The three spur gears, shown in figure 11-8, are used to connect the two end gears and the spider shaft to other mechanisms. They may be of any convenient size. Each of the two input spur gears is attached to an end gear. An input gear and an end gear together are called a "side" of a differential. The third spur gear is the output gear, as designated in figure 11-8. This is the only gear pinned to the spider shaft. All the other differential gears, both bevel and spur, are bearing-mounted.

Figure 11-9 is an exploded view of a gear differential showing each of its individual parts. Figure 11-10 is a schematic sketch showing the relationship of the principle parts. For the present we will assume that the two sides of the gear system are the inputs and the gear on the spider shaft is the output. Later we will show that any of these three gears can be either an input or an output.

Now lets look at figure 11-11. In this hookup the two end gears are positioned by the input shafts, which represent the quantities to be added or subtracted. The spider gears do the actual adding and subtracting. They follow the rotation of the two end

Figure 11-12.The spider makes only half as many revolutions.

gears, turning the spider shaft several revolutions proportional to the sum, or difference, of the revolutions of the end gears.

Suppose the left side of the differential rotates while the other remains stationary, as in block 2 of figure 11-11. The moving end gear will drive the spider in the same direction as the input and, through the spider shaft and output gear, the output shaft. The output shaft will turn several revolutions proportional to the input.

If the right side is not rotated and the left side is held stationary, as in block 3 of figure 11-11, the same thing will happen. If both input sides of the differential turn in the same direction at the same time, the spider will be turned by both at once, as in block 4 of figure 11-11. The output will be proportional to the two inputs. Actually, the spider makes only half as many revolutions as the revolutions of the end gears, because the spider gears are free to roll between the end gears. To understand this better, lets look at figure 11-12. Here a ruler is rolled across the upper side of a cylindrical drinking glass, pushing the glass along a table top. The glass will roll only half as far as the ruler travels. The spider gears in the differential roll against the end gears in exactly the same way. Of course, you can correct the way the gears work by using a 2:1 gear ratio between the gear on the spider shaft and the gear for the output shaft. Very often, for design purposes, this gear ratio will be found to be different.

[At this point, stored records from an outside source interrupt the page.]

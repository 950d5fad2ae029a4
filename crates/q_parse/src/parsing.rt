//! Query texts as a whole.

ghost use Rattle.std.specs.Prelude.{◌≡◌, true, IfSome, IfOk};
ghost use Rattle.std.specs.Str.{chars};
ghost use Rattle.q_tree.specs.Limits.{keeps_limits};
ghost use Rattle.q_tree.specs.Trees.{tree_of};
ghost use Rattle.q_parse.specs.Faults.{IsVerdict};
ghost use Rattle.q_parse.specs.Verdicts.{verdict};
ghost use Rattle.q_parse.specs.Results.{verdict_of};

use crate::faults::QueryFault;
use crate::reading::read;
use q_lex::{bytes_in, is_too_deep, lexemes_of};
use q_tree::Query;
use std::alloc::Global;

/// The query that the text is, or why it is none. The query keeps the limits of the grammar.
///
/// Faults: `TooLarge` where the text has over 4000 bytes, over 1024 lexemes, or over 32 open parentheses at some place; else the
/// cause at the first lexeme, or at the end, such that the text up to and with it begins no query; and `Memory`.
/// The cost is linear in the bytes of the text, but what stands within parentheses may be moved once for each of them, of which
/// there are at most 32. The tree is at most 512 deep.
pub fn parse(alloc: Global, text: &str) -> Result<Query, QueryFault>
    ensures verdict { IfSome (verdict_of result) (λ v. v ≡ verdict (chars text.now)) }
    ensures grammar { IfSome (verdict_of result) (λ v. IsVerdict (chars text.now) v) }
    ensures limits { IfOk result (λ q. keeps_limits (tree_of q) ≡ true) }
{
    let count = bytes_in(text);
    if count > 4000 {
        return Err(QueryFault::TooLarge);
    }
    let Some(lexemes) = lexemes_of(alloc, text)? else {
        return Err(QueryFault::TooLarge);
    };
    if is_too_deep(&lexemes) {
        return Err(QueryFault::TooLarge);
    }
    read(alloc, count as u32 + 1, lexemes)
}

When two sides of the differential move in opposite directions, the output of the spider shaft is proportional to the difference of the revolutions of the two inputs. That is because the spider gears are free to turn and the two inputs drive them in opposite directions. If the two inputs are equal and opposite, the spider gears will turn, but the spider shaft will not move. If the two inputs turn in opposite directions for an unequal number of revolutions, the spider gears roll on the end gear that makes the lesser number of revolutions. That rotates the spider in the direction of the input making the greater number of revolution. The motion of the spider shaft

Figure 11-13.Differential gear hookups.

will be equal to half the difference between the revolutions of the two inputs. A change in the gear ratio to the output shaft can then give us any proportional answer we wish.

We have been describing a hookup wherein the two sides are inputs and the spider shaft is the output. As long as you recognize that the spider follows the end gears for half the sum, or difference, of their revolutions, you dont need to use this type of hookup. You may use the spider shaft as one input and either of the sides as the other. The other side will then become the output. Therefore, you may use three different hookups for any given differential, depending on which is the most convenient mechanically, as shown in figure 11-13.

In chapter 13 of this book, we will describe the use of the differential gear in the automobile. Although this differential is similar in principle, you will see that it is somewhat different in its mechanical makeup.